Lecteur, membre éminent du "club des vraisemblants", toi qui ne crois qu’aux causes et conséquences, qu’une histoire est l’horizon fini de la littérature, passe ton chemin. Si, en revanche, tu pressens que tout livre est un rapport sur l’enfance, que la beauté, la poésie et l’art y imposent leur ordre mystérieux, si la jeunesse, la tienne, celle de ta génération, t’importe autant que son deuil, alors Rois d’Alexandrie, le nouveau livre de José Carlos Llop, est fait pour toi.
Voilà treize ans et la parution inaugurale de Parle-moi du troisième homme (Jacqueline Chambon, 2005) que Llop est le secret magnifique le mieux gardé de la littérature espagnole. Peut-être est-ce dû au fait qu’il n’a au fond rien d’espagnol - du moins rien de ce que l’on attend trop souvent de ce folklorisme-là -, ni même de catalan. Il est fondamentalement fils de son île natale, Majorque ; insulaire qui laisse venir à lui le grand rêve perdu de l’universalisme européen. Romancier, essayiste, poète et diariste, il n’oublie jamais dans chacun de ses livres d’être tout cela à la fois.
Ici, par exemple. Ces Rois d’Alexandrie, qui lui valurent voici deux ans, lors de la publication en Espagne, enfin une plus large audience, sont ceux de la jeunesse, dans les années 1970, à Majorque d’abord, puis à Barcelone, où, sur fond de rock, de libération des mœurs et de cent mille fleurs écloses, un vieux pays exsangue assistait interdit et plein d’espérance à l’agonie de son bourreau. Le narrateur du livre, réfugié à Paris, se souvient de cette parenthèse que l’on dit enchantée, et qui le fut peut-être, et qui fut aussi, parce que vécue en état d’insurrection poétique, périlleuse, fascinante et jamais tout à fait vaine. "Etions-nous modernes ou étions-nous bizarres ? Nous étions l’un et l’autre, comme on ne l’avait pas été avant nous et comme on ne l’a pas été après […].Nous avons tout connu.
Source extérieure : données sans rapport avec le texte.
//! Laws of journals.
ghost use Rattle.span_tracing_shared.specs.JournalLaws.{JournalsCompose, LeftOutMakeNoDifference, RepliesCount};

/// What a journal leaves and answers is what its beginning leaves and answers, and then what the rest does from there.
#[tactic(auto, using(crate::proofs::Journals::skeletons_join, crate::proofs::Journals::replies_join))]
pub fn journals_compose()
    ensures { JournalsCompose }
{}

/// A journal without its steps that found no memory, or had to wait while a line is held, leaves the same skeleton.
pub fn left_out_make_no_difference()
    ensures { LeftOutMakeNoDifference }
{}

/// What the machine itself answers counts: it knows neither memory nor held lines. So whatever follows it shows so that its steps count.
#[tactic(auto, using(crate::proofs::MachineReplies::reply_counts))]
pub fn replies_count()
    ensures { RepliesCount }
{}
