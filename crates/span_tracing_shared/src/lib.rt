//! A trace that lanes share: a journal of its steps, a seat for each lane, and a lock around both.
#![tactic(auto)]

mod book;
mod call;
mod carries_out;
mod closes;
mod entry;
mod laws;
mod mask;
mod seat;
mod shared;
#[cfg(test)]
mod tests;

pub use book::{Book, Closed, NotOpened};
pub use call::Call;
pub use carries_out::CarriesOut;
pub use entry::Entry;
pub use laws::{journals_compose, left_out_make_no_difference, replies_count};
pub use mask::Mask;
pub use seat::{Seat, SeatError};
pub use shared::{Gate, Open, Shared, SharedNotOpened, Torn, fits, is_of_lane};
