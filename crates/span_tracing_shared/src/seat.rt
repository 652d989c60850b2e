//! The seat of a lane.
ghost use Rattle.std.specs.Prelude.{◌≡◌, [], vec_len};

use crate::call::Call;
use std::alloc::Global;
use std::sync::ledger::{Ledger, Share};
use thiserror::Error;

/// Why a lane gets no seat.
#[derive(Clone, Copy, Debug, PartialEq, Eq, Error)]
pub enum SeatError {
    #[error("no such lane")]
    UnknownLane,
    #[error("no seat is left")]
    NoSeat,
}

/// A lane's share of the ledger, and the calls that it made.
#[derive(Drop)]
pub struct Seat<L: Ledger> {
    pub(crate) lane: usize,
    pub(crate) share: Share<L>,
    pub(crate) own: Vec<Call>,
    // The last run stopped because there was no memory for an entry.
    pub(crate) stopped: bool,
    ghost one_part: { share.parts ≡ 1 },
    ghost counted: { share.amount ≡ vec_len own },
}

impl<L: Ledger> Seat<L> {
    pub(crate) fn open(alloc: Global, lane: usize, share: Share<L>) -> Seat<L>
        requires { (share.parts ≡ 1) × (share.amount ≡ 0) }
        ensures { (result.lane ≡ lane) × (result.own.items ≡ []) }
    {
        Seat {
            lane,
            share,
            own: Vec::new(alloc),
            stopped: false,
        }
    }

    /// Its lane.
    pub fn lane(&self) -> usize
        ensures { result ≡ self.now.lane }
    {
        self.lane
    }

    /// The calls that it made, in order.
    pub fn calls(&self) -> &[Call]
        ensures { result.now ≡ self.now.own.items }
    {
        self.own.as_slice()
    }

    /// Whether its last run stopped because there was no memory for an entry.
    pub fn is_stopped(&self) -> bool
        ensures { result ≡ self.now.stopped }
    {
        self.stopped
    }
}
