//! What filters answered to a step.
ghost use Rattle.std.specs.Prelude.{◌≡◌, ◌≤◌, [], ◌∷◌, ◌++◌, ◌<◌, length, slice_get, take};

use std::marker::Model;

/// What filters answered to a step: of an event, a question and a new span what that of each output of the reached stack did of the callsite,
/// in order. It is empty where no filter was asked, and of a refused step. A contract sees it as a list.
#[derive(Debug, Drop)]
pub struct Mask {
    outputs: usize,
    passed: [bool; 64],
}

impl Model for Mask {
    ghost use Rattle.std.specs.Prelude.{Bool, List, take, ◌≤◌};

    ghost Value = { List Bool };

    ghost view = { λ m. take m.outputs m.passed };

    ghost invariant = { λ m. m.outputs ≤ 64 };
}

impl Mask {
    /// No filter was asked.
    pub fn none() -> Mask
        ensures { result ≡ [] }
    {
        Mask {
            outputs: 0,
            passed: [false; 64],
        }
    }

    /// What the filters of so many outputs answered, which stand first in the list.
    pub fn of(outputs: usize, passed: [bool; 64]) -> Mask
        requires { outputs ≤ 64 }
        ensures { result ≡ take outputs passed }
    {
        Mask { outputs, passed }
    }

    /// How many outputs were asked.
    pub fn len(&self) -> usize
        ensures len { result ≡ length self.now }
        ensures most { result ≤ 64 }
    {
        self.outputs
    }

    /// Whether the filter of an output passed, by the output's place in the stack.
    pub fn get(&self, place: usize) -> Option<bool>
        ensures { result ≡ slice_get self.now place }
    {
        if place < self.outputs {
            Some(self.passed[place])
        } else {
            None
        }
    }

    /// With one more output, behind the others.
    pub fn push(&mut self, passes: bool)
        requires { length self.old < 64 }
        ensures { self.new ≡ self.old ++ passes ∷ [] }
    {
        let Mask { outputs, passed } = self;
        passed[*outputs] = passes;
        *outputs += 1;
    }
}
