//! Whatever carries out steps.
ghost use Rattle.std.specs.Prelude.{◌≡◌, IfOk, List, Bool, length};
ghost use Rattle.span_tracing_skeleton.specs.PlainData.{AnyStep, any_step};
ghost use Rattle.span_tracing_skeleton.specs.Skeleton.{Skeleton};
ghost use Rattle.span_tracing_skeleton.specs.declared.call.Reply.{Reply};
ghost use Rattle.span_tracing_shared.specs.Journals.{counts, next_by, reply_if};

use crate::mask::Mask;
use span_tracing_skeleton::{Reply, Step};
use std::alloc::AllocError;

/// Carries out steps, as the machine on skeletons does.
pub trait CarriesOut: Drop {
    /// A copy of what decides replies, for whoever keeps it.
    type Start: Drop;

    // What decides replies.
    ghost skeleton: { Self → Skeleton };

    // What a copy says.
    ghost copied: { Self.Start → Skeleton };

    // What has to be known of it, so that it follows the machine.
    ghost ready: { Self → Type 0 };

    // What a step with a reply and a mask makes of it, and what it writes.
    ghost gives: { Self → AnyStep → Reply → List Bool → Self → Type 0 };

    /// A copy of what decides replies.
    ///
    /// # Errors
    ///
    /// Out of memory.
    fn start(&self) -> Result<Self::Start, AllocError>
        ensures { IfOk result (λ copy. copied copy ≡ skeleton self.now) };

    /// How many lanes it has. They are numbered from 0.
    fn lane_count(&self) -> usize
        ensures { result ≡ length (skeleton self.now).lanes };

    /// Carries out a step. It answers the reply, and the mask from which the machine reads what filters answered: of a new span what that of
    /// each output did, and of a question whether some passed; of all else it reads nothing. Where it refuses the step for lack of memory, or
    /// since a line is held, what decides replies is as it was.
    fn carry_out(&mut self, step: &Step) -> (Reply, Mask)
        requires { ready self.old }
        ensures ready { ready self.new }
        ensures gives { gives self.old (any_step step.now) result.0 result.1 self.new }
        // What decides replies is as the machine leaves it, or as it was.
        ensures skeleton { skeleton self.new ≡ next_by (counts result.0) (skeleton self.old) (any_step step.now) result.1 }
        // The reply is the machine's, or one of those that only memory, held lines or a queue decide.
        ensures reply { result.0 ≡ reply_if (counts result.0) (skeleton self.old) (any_step step.now) result.1 result.0 };
}
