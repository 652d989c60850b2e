//! A callsite that keeps what it is told.
ghost use Rattle.std.specs.Prelude.{◌≡◌};
ghost use Rattle.tracing_core_fields.specs.Metadata.{plain_metadata};
ghost use Rattle.tracing_core.specs.DefaultCallsites.{site_metadata, site_interest};
ghost use Rattle.tracing_core_fields.specs.declared.requests.interest.InterestInner.TheVariants.{Never};

mod registering;

use tracing_core_fields::{Callsite, Interest, InterestInner, Metadata, inner_of, interest_of};

/// A callsite that keeps its metadata, and the interest that it is told.
/// [`Hub::register`](crate::Hub::register) registers it.
#[derive(Debug, Drop)]
pub struct DefaultCallsite<'a> {
    metadata: &'a Metadata<'a>,
    // not an `Interest`: a value that holds a reference beside one can't be handed on
    interest: InterestInner,
}

impl<'a> DefaultCallsite<'a> {
    /// The callsite with this metadata, which is in nobody's interest until it is registered.
    pub fn new(metadata: &'a Metadata<'a>) -> DefaultCallsite<'a>
        ensures metadata { site_metadata result ≡ plain_metadata metadata.now }
        ensures interest { site_interest result ≡ Never }
    {
        DefaultCallsite {
            metadata,
            interest: InterestInner::Never,
        }
    }

    /// The interest that it was told last, by the registering of this very value. A hub keeps callsites by
    /// value and tells its own: what a hub's subscribers want now is answered by
    /// [`Hub::interest`](crate::Hub::interest) and [`Hub::gate`](crate::Hub::gate).
    pub fn interest(&self) -> Interest
        ensures { result ≡ site_interest self.now }
    {
        interest_of(self.interest)
    }
}

impl Callsite for DefaultCallsite<'_> {
    ghost metadata_of = { site_metadata };

    ghost interest_of = { site_interest };

    fn set_interest(&mut self, interest: Interest) {
        self.interest = inner_of(interest);
    }

    fn metadata(&self) -> Metadata<'_> {
        let metadata = self.metadata;
        Metadata::new(
            metadata.name(),
            metadata.target(),
            *metadata.level(),
            metadata.file(),
            metadata.line(),
            metadata.module_path(),
            *metadata.fields(),
            metadata.kind(),
        )
    }
}
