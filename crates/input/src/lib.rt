// The records that program `layout` is handed: their case, its layout, and its blocks of rows.
#![tactic(auto)]

ghost use Rattle.std.specs.Prelude.{◌≡◌, ◌≤◌};
ghost use Rattle.input.specs.Input.{run_of, CountsOf, input_layout, first_row, row_count};

use numbering::SocWrLayout;
use numbering::inner::blocks::ROW_BLOCKS;
use records::{Case, Kind, Records};
use refusals::{Refusal, refuse_unless};

// Kept: a kind is the byte's number here, as in `Record::kind` and in the definition `run_of`.
// How many records of the run are of this kind before the first that is not.
fn leading(run: Records<'_>, kind: u16) -> usize
    ensures value { result ≡ run_of run.entry.bytes.now kind run.entry.first run.entry.count }
    ensures upper_bound { result ≤ run.entry.count }
{
    for i in 0..run.count {
        if run.record(i).kind() != kind {
            return i;
        }
    }
    run.count
}

// The case of whole records: leading runs of kinds 1, 2, 3, and the rest.
pub fn case_in(b: &[u8]) -> Case<'_>
    ensures counts { CountsOf b.now result }
    ensures bytes { result.bytes.now ≡ b.now }
{
    let records = b.len() / 128;
    let n = leading(Records::new(b, 0, records), Kind::Bus as u16);
    let m = leading(Records::new(b, n, records - n), Kind::Branch as u16);
    let k = leading(
        Records::new(b, n + m, records - n - m),
        Kind::Generator as u16,
    );
    Case {
        n,
        m,
        k,
        s: records - n - m - k,
        bytes: b,
    }
}

// The layout of the input, at most 65,536 bytes long.
pub fn layout_of(b: &[u8]) -> Result<SocWrLayout, Refusal>
    ensures { result ≡ input_layout b.now }
{
    refuse_unless(b.len() <= 65536, Refusal::InputTooLong)?;
    SocWrLayout::new(case_in(b))
}

// Kept: first_row and row_count take a block's number, which may be past the last one: then they refuse it, and an enum would have no such block.
// The first row of a block; the one past the last starts where all rows end.
pub fn first_row(l: SocWrLayout, block: usize) -> Result<u32, Refusal>
    ensures { result ≡ first_row l block }
{
    l.cause()?;
    refuse_unless(block <= ROW_BLOCKS, Refusal::PastEnd(block as u64))?;
    Ok(l.row_start(block))
}

// How many rows a block has.
pub fn row_count(l: SocWrLayout, block: usize) -> Result<u32, Refusal>
    ensures { result ≡ row_count l block }
{
    l.cause()?;
    refuse_unless(block < ROW_BLOCKS, Refusal::PastEnd(block as u64))?;
    Ok(l.row_size(block))
}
Mais le temps nous est tombé dessus comme un déluge […]et même la pluie a fini par oublier et avec elle ce fut comme si nous n’avions jamais existé."
Curieux comme ce livre, éducation sentimentale et artistique dans un Barcelone en ébullition, sonne étrangement en ces jours de résurgence du nationalisme et d’interrogations identitaires. José Carlos Llop, homme des deux rives, d’un ici et ailleurs permanent, sait avec Barthes "qu’il n’est pays que de l’enfance", mais aussi que des rêves incertains et perdus. Il remonte une "memory lane" où résonnent à l’identique les textes de Pound, d’Eliot, de Rilke, de tous ces voyageurs comme dissous dans les brouillards de la mémoire et également les airs rageurs et libérateurs des Stones, de Dylan, de Cohen et des autres. A la fin, que reste-t-il ? Une vie. Et un grand et beau livre pour dire sa progressive disparition.